[Opening PROVIDED RECORDS section]

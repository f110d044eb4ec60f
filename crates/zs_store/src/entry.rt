//! What a store keeps at a key.
use zs_bytes::ZBytes;
use zs_wire::{SampleKind, Timestamp};

/// What was written at a key. Of two entries the one with the later timestamp is the newer one. Where the timestamps are the
/// same, a deletion is newer than a put, and then the greater bytes are.
#[derive(Drop)]
pub struct Entry {
    pub kind: SampleKind,
    pub payload: ZBytes,
    pub timestamp: Timestamp,
}
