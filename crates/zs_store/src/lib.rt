//! A store that keeps, of all that was written at each key, the newest entry: which one that is does not depend on the order in
//! which the writes come, so two stores that took the same writes are equal.
#![tactic(auto)]

pub use entry::Entry;
pub use merged::Merged;
pub use store::Store;

mod entry;
pub mod laws;
mod merged;
mod order;
mod store;
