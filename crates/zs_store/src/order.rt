//! Which of two entries is the newer one.

ghost use Rattle.std.specs.Prelude.{◌≡◌, IfOk};
ghost use Rattle.std.specs.Ordering.{nat_cmp, ordering_then, is_lt};
ghost use Rattle.std.specs.Cmp.Lexicographic.{slice_cmp};
ghost use Rattle.zs_bytes.specs.Payload.{bytes_of};
ghost use Rattle.zs_store.specs.Entry.{seen, is_below, kind_rank, entry_order};

use crate::entry::Entry;
use std::alloc::{AllocError, Global};
use std::cmp::Ordering;
use zs_bytes::ZBytes;
use zs_wire::{SampleKind, Timestamp};

/// Whether an entry is below another one. Memory is asked for only where all but the payloads is the same, and only for a payload
/// in more than one piece.
pub(crate) fn is_below(old: &Entry, new: &Entry, alloc: Global) -> Result<bool, AllocError>
    ensures { IfOk result (λ below. below ≡ is_below (seen old.now) (seen new.now)) }
{
    let order = order(old, new, alloc)?;
    Ok(order.is_lt())
}

/// The order of two entries: by timestamp, then by kind, and last by the bytes of their payloads, which are looked at
/// only where the others are the same.
fn order(old: &Entry, new: &Entry, alloc: Global) -> Result<Ordering, AllocError>
    ensures { IfOk result (λ order. order ≡ entry_order (seen old.now) (seen new.now)) }
{
    match time_order(&old.timestamp, &new.timestamp) {
        Ordering::Less => Ok(Ordering::Less),
        Ordering::Greater => Ok(Ordering::Greater),
        Ordering::Equal => match kind_order(old.kind, new.kind) {
            Ordering::Less => Ok(Ordering::Less),
            Ordering::Greater => Ok(Ordering::Greater),
            Ordering::Equal => {
                let order = payload_order(&old.payload, &new.payload, alloc)?;
                Ok(order)
            }
        },
    }
}

/// The order of two timestamps: by time, and of one time by the identifier of who gave it.
fn time_order(old: &Timestamp, new: &Timestamp) -> Ordering
    ensures { result ≡ ordering_then (nat_cmp old.now.time new.now.time) (nat_cmp old.now.id new.now.id) }
{
    match old.time.cmp(&new.time) {
        Ordering::Less => Ordering::Less,
        Ordering::Equal => old.id.cmp(&new.id),
        Ordering::Greater => Ordering::Greater,
    }
}

/// A put is below a deletion: of two writes with one timestamp the deletion stays.
fn kind_order(old: SampleKind, new: SampleKind) -> Ordering
    ensures { result ≡ nat_cmp (kind_rank old) (kind_rank new) }
{
    match (old, new) {
        (SampleKind::Put, SampleKind::Put) => Ordering::Equal,
        (SampleKind::Put, SampleKind::Delete) => Ordering::Less,
        (SampleKind::Delete, SampleKind::Put) => Ordering::Greater,
        (SampleKind::Delete, SampleKind::Delete) => Ordering::Equal,
    }
}

/// The order of two payloads by their bytes. One in more than one piece is joined first, which wants memory.
fn payload_order(old: &ZBytes, new: &ZBytes, alloc: Global) -> Result<Ordering, AllocError>
    ensures { IfOk result (λ order. order ≡ slice_cmp nat_cmp (bytes_of old.now) (bytes_of new.now)) }
{
    let old = old.to_bytes(alloc)?;
    let new = new.to_bytes(alloc)?;
    let old: &[u8] = &old;
    let new: &[u8] = &new;
    Ok(old.cmp(&new))
}
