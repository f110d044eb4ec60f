//! Laws of stores. Each function does nothing: its contract is the law, for all lists of writes.

ghost use Rattle.zs_store.specs.Laws.{BestIsGreatest, SameWritesSameStore, StoresHoldBest, StoresJoin};

/// What a list of writes leaves at each key is the greatest entry that it has for the key.
pub fn stores_hold_best()
    ensures { StoresHoldBest }
{}

/// The greatest entry of a key is one that was written there, and none that was written there is above it.
pub fn best_is_greatest()
    ensures { BestIsGreatest }
{}

/// Two lists with the same writes leave the same store, in whatever order they have them and however often.
pub fn same_writes_same_store()
    ensures { SameWritesSameStore }
{}

/// Merging one store into another is commutative, associative and idempotent.
pub fn stores_join()
    ensures { StoresJoin }
{}
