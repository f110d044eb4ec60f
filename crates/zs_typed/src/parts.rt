//! The parts of events.

ghost use Rattle.std.specs.Prelude.{◌≡◌, ◌&&◌, nat_le, true};
ghost use Rattle.std.specs.Str.{all_scalars};
ghost use Rattle.zs_event_lines.specs.Sayable.{are_bytes, if_there, is_body, is_entity, is_key, is_source, is_timestamp, is_wire};
ghost use Rattle.zs_parts.specs.Symbols.{u16_max, u32_max, u64_max};

use crate::symbols::{type_bytes, type_some_bytes, type_some_text, type_text};
use zs_events::{Inquiry, KeyArg, PushBody, Update};
use zs_wire::{EntityGlobalId, SourceInfo, Timestamp, Value, WireExpr};

/// Looks at a number of a key.
pub(crate) fn type_key_number(number: u16)
    ensures { nat_le number u16_max ≡ true }
{
    let _ = number;
}

/// Looks at a key, in whichever way an event names it.
pub(crate) fn type_key(key: &KeyArg)
    ensures { is_key key.now ≡ true }
{
    match key {
        KeyArg::Text(text) => type_text(text),
        KeyArg::Number { number, suffix } => {
            type_key_number(*number);
            type_text(suffix);
        }
        KeyArg::Declared { text, .. } => type_text(text),
    }
}

/// Looks at a wire expression: its number, and the text behind that.
pub(crate) fn type_wire(wire: &WireExpr)
    ensures { is_wire wire.now ≡ true }
{
    type_key_number(wire.scope);
    type_text(&wire.suffix);
}

/// Looks at a wire expression, if there is one.
pub(crate) fn type_some_wire(wire: &Option<WireExpr>)
    ensures { if_there is_wire wire.now ≡ true }
{
    if let Some(wire) = wire {
        type_wire(wire);
    }
}

/// Looks at a number of 32 bits, such as that of an entity or of a request.
pub(crate) fn type_number(number: u32)
    ensures { nat_le number u32_max ≡ true }
{
    let _ = number;
}

/// Looks at such a number, if there is one.
pub(crate) fn type_some_number(number: Option<u32>)
    ensures { if_there (λ n. nat_le n u32_max) number ≡ true }
{
    if let Some(number) = number {
        type_number(number);
    }
}

/// Looks at a number of 64 bits: a moment, in milliseconds.
pub(crate) fn type_moment(moment: u64)
    ensures { nat_le moment u64_max ≡ true }
{
    let _ = moment;
}

/// Looks at a span of time, if there is one.
pub(crate) fn type_some_moment(moment: Option<u64>)
    ensures { if_there (λ n. nat_le n u64_max) moment ≡ true }
{
    let _ = moment;
}

/// Looks at a timestamp, if there is one.
pub(crate) fn type_timestamp(timestamp: Option<Timestamp>)
    ensures { if_there is_timestamp timestamp ≡ true }
{
    let _ = timestamp;
}

/// Looks at the global id of an entity.
pub(crate) fn type_entity(entity: EntityGlobalId)
    ensures { is_entity entity ≡ true }
{
    let _ = entity;
}

/// Looks at the global id of an entity, if there is one.
pub(crate) fn type_some_entity(entity: Option<EntityGlobalId>)
    ensures { if_there is_entity entity ≡ true }
{
    if let Some(entity) = entity {
        type_entity(entity);
    }
}

/// Looks at a source, if there is one: an entity, and a sequence number.
pub(crate) fn type_source(source: Option<SourceInfo>)
    ensures { if_there is_source source ≡ true }
{
    if let Some(source) = source {
        type_entity(source.source_id);
        type_number(source.source_sn);
    }
}

/// Looks at a value: its payload, and the encoding of that.
pub(crate) fn type_value(value: &Value)
    ensures payload { are_bytes value.now.payload ≡ true }
    ensures encoding { all_scalars value.now.encoding ≡ true }
{
    type_bytes(&value.payload);
    type_text(&value.encoding);
}

/// Looks at a value, if there is one.
pub(crate) fn type_some_value(value: &Option<Value>)
    ensures { if_there (λ w. are_bytes w.payload && all_scalars w.encoding) value.now ≡ true }
{
    if let Some(value) = value {
        type_value(value);
    }
}

/// Looks at a put's payload and encoding. A deletion has neither.
fn type_body(body: &PushBody)
    ensures { is_body body.now ≡ true }
{
    match body {
        PushBody::Put { payload, encoding } => {
            type_bytes(payload);
            type_some_text(encoding);
        }
        PushBody::Delete => {}
    }
}

/// Looks at a put or a deletion, with its options.
pub(crate) fn type_update(update: &Update)
    ensures body { is_body update.now.body ≡ true }
    ensures timestamp { if_there is_timestamp update.now.timestamp ≡ true }
    ensures source { if_there is_source update.now.source ≡ true }
    ensures attachment { if_there are_bytes update.now.attachment ≡ true }
{
    type_body(&update.body);
    type_timestamp(update.timestamp);
    type_source(update.source);
    type_some_bytes(&update.attachment);
}

/// Looks at what a get asks beside its key.
pub(crate) fn type_inquiry(inquiry: &Inquiry)
    ensures parameters { all_scalars inquiry.now.parameters ≡ true }
    ensures value { if_there (λ w. are_bytes w.payload && all_scalars w.encoding) inquiry.now.value ≡ true }
    ensures source { if_there is_source inquiry.now.source ≡ true }
    ensures attachment { if_there are_bytes inquiry.now.attachment ≡ true }
    ensures token { if_there (λ n. nat_le n u32_max) inquiry.now.cancellation_token ≡ true }
{
    type_text(&inquiry.parameters);
    type_some_value(&inquiry.value);
    type_source(inquiry.source);
    type_some_bytes(&inquiry.attachment);
    type_some_number(inquiry.cancellation_token);
}
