//! Texts and bytes.

ghost use Rattle.std.specs.Prelude.{◌≡◌, nat_lt, true};
ghost use Rattle.std.specs.List.{AllByRecursion};
ghost use Rattle.std.specs.Str.{all_scalars};
ghost use Rattle.zs_event_lines.specs.Sayable.{are_bytes, if_there};

use zs_sample::{Text, ZBytes};

/// Looks at a text: it has characters.
pub(crate) fn type_text(text: &Text)
    ensures { all_scalars text.now ≡ true }
{
    let _text = text.as_str();
}

/// Looks at a text, if there is one.
pub(crate) fn type_some_text(text: &Option<Text>)
    ensures { if_there all_scalars text.now ≡ true }
{
    if let Some(text) = text {
        type_text(text);
    }
}

/// Looks at one byte of a payload.
fn type_byte(byte: u8)
    ensures { nat_lt byte 256 ≡ true }
{
    let _ = byte;
}

/// Looks at each byte of one slice of a payload.
fn type_slice(bytes: &[u8])
    ensures { AllByRecursion (λ b. nat_lt b 256 ≡ true) bytes.now }
{
    for byte in bytes {
        type_byte(*byte);
    }
}

/// Looks at the bytes of a payload.
pub(crate) fn type_bytes(bytes: &ZBytes)
    ensures { are_bytes bytes.now ≡ true }
{
    let mut slices = bytes.slices();
    'slices: while let Some(slice) = slices.next() {
        type_slice(slice);
    }
}

/// Looks at the bytes of a payload, if there is one.
pub(crate) fn type_some_bytes(bytes: &Option<ZBytes>)
    ensures { if_there are_bytes bytes.now ≡ true }
{
    if let Some(bytes) = bytes {
        type_bytes(bytes);
    }
}
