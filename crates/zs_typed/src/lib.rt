//! What the types of an event's fields say of whatever event a program holds: numbers are in range, bytes are bytes and
//! characters are characters. The law on printed events takes that for granted; a call of this crate tells it of an event at hand.
#![tactic(auto)]

pub use events::type_event;

mod events;
mod messages;
mod parts;
mod symbols;
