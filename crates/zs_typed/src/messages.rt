//! Messages that come in from the network.

ghost use Rattle.std.specs.Prelude.{◌≡◌, nat_le, true};
ghost use Rattle.std.specs.Str.{all_scalars};
ghost use Rattle.zs_event_lines.specs.Laws.{are_typed};
ghost use Rattle.zs_event_lines.specs.Lines.{answered_line, message_line, net_line, push_line};
ghost use Rattle.zs_event_lines.specs.Sayable.{are_bytes, if_there, is_source, is_timestamp, is_wire};
ghost use Rattle.zs_parts.specs.Symbols.{u32_max};

use crate::parts::{
    type_key_number, type_number, type_some_entity, type_some_moment, type_some_number,
    type_some_value, type_some_wire, type_source, type_timestamp, type_value, type_wire,
};
use crate::symbols::{type_bytes, type_some_bytes, type_text};
use zs_wire::{Answered, Body, Message, Push, Request, Response, WireExpr};

/// Looks at what a push or a reply brings.
fn type_body(body: &Body)
    ensures payload { are_bytes body.now.payload ≡ true }
    ensures encoding { all_scalars body.now.encoding ≡ true }
    ensures timestamp { if_there is_timestamp body.now.timestamp ≡ true }
    ensures source { if_there is_source body.now.source ≡ true }
    ensures attachment { if_there are_bytes body.now.attachment ≡ true }
{
    type_bytes(&body.payload);
    type_text(&body.encoding);
    type_timestamp(body.timestamp);
    type_source(body.source);
    type_some_bytes(&body.attachment);
}

/// Looks at a push: its key, and what it brings.
#[tactic(auto, unfolding(zs_event_lines::specs::Sayable::is_typed))]
fn type_push(push: &Push)
    ensures { are_typed (net_line (push_line push.now.body.kind push.now)) ≡ true }
{
    type_wire(&push.wire);
    type_body(&push.body);
}

/// Looks at a request, which always has a timeout.
#[tactic(auto, unfolding(zs_event_lines::specs::Sayable::is_typed))]
fn type_request(request: &Request)
    ensures { are_typed (net_line (message_line (Message.Request request.now))) ≡ true }
{
    type_number(request.rid);
    type_wire(&request.wire);
    type_text(&request.parameters);
    type_some_moment(Some(request.timeout));
    type_some_value(&request.value);
    type_source(request.source);
    type_some_bytes(&request.attachment);
}

/// Looks at a response, with the reply or the error in it.
#[tactic(auto, unfolding(zs_event_lines::specs::Sayable::is_typed))]
fn type_response(response: &Response)
    ensures { are_typed (net_line (answered_line response.now.answered response.now)) ≡ true }
{
    type_number(response.rid);
    type_wire(&response.wire);
    type_some_entity(response.responder);
    match &response.answered {
        Answered::Reply(body) => type_body(body),
        Answered::Err(value) => type_value(value),
    }
}

/// Looks at a declaration of an entity.
fn type_declared(id: u32, wire: &WireExpr)
    ensures id { nat_le id u32_max ≡ true }
    ensures wire { is_wire wire.now ≡ true }
{
    type_number(id);
    type_wire(wire);
}

/// Looks at a message.
#[tactic(auto, unfolding(zs_event_lines::specs::Sayable::is_typed))]
pub(crate) fn type_message(message: &Message)
    ensures { are_typed (net_line (message_line message.now)) ≡ true }
{
    match message {
        Message::DeclareKeyExpr { number, wire } => {
            type_key_number(*number);
            type_wire(wire);
        }
        Message::UndeclareKeyExpr { number } => type_key_number(*number),
        Message::DeclareSubscriber { id, wire } => type_declared(*id, wire),
        Message::UndeclareSubscriber { id } => type_number(*id),
        Message::DeclareQueryable { id, wire, .. } => type_declared(*id, wire),
        Message::UndeclareQueryable { id } => type_number(*id),
        Message::DeclareToken { id, wire, interest } => {
            type_declared(*id, wire);
            type_some_number(*interest);
        }
        Message::UndeclareToken { id, wire, interest } => {
            type_number(*id);
            type_some_wire(wire);
            type_some_number(*interest);
        }
        Message::DeclareFinal { interest } => type_some_number(*interest),
        Message::Interest { .. } => {}
        Message::Push(push) => type_push(push),
        Message::Request(request) => type_request(request),
        Message::Response(response) => type_response(response),
        Message::ResponseFinal { rid } => type_number(*rid),
        Message::Close => {}
    }
}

[Closing PROVIDED RECORDS section]

The answer is the line with "at a message." plus every line after it to the last line of the entries above, copied exactly and with no other lines.

/// Looks at a message.
#[tactic(auto, unfolding(zs_event_lines::specs::Sayable::is_typed))]
pub(crate) fn type_message(message: &Message)
    ensures { are_typed (net_line (message_line message.now)) ≡ true }
{
    match message {
        Message::DeclareKeyExpr { number, wire } => {
            type_key_number(*number);
            type_wire(wire);
        }
        Message::UndeclareKeyExpr { number } => type_key_number(*number),
        Message::DeclareSubscriber { id, wire } => type_declared(*id, wire),
        Message::UndeclareSubscriber { id } => type_number(*id),
        Message::DeclareQueryable { id, wire, .. } => type_declared(*id, wire),
        Message::UndeclareQueryable { id } => type_number(*id),
        Message::DeclareToken { id, wire, interest } => {
            type_declared(*id, wire);
            type_some_number(*interest);
        }
        Message::UndeclareToken { id, wire, interest } => {
            type_number(*id);
            type_some_wire(wire);
            type_some_number(*interest);
        }
        Message::DeclareFinal { interest } => type_some_number(*interest),
        Message::Interest { .. } => {}
        Message::Push(push) => type_push(push),
        Message::Request(request) => type_request(request),
        Message::Response(response) => type_response(response),
        Message::ResponseFinal { rid } => type_number(*rid),
        Message::Close => {}
    }
}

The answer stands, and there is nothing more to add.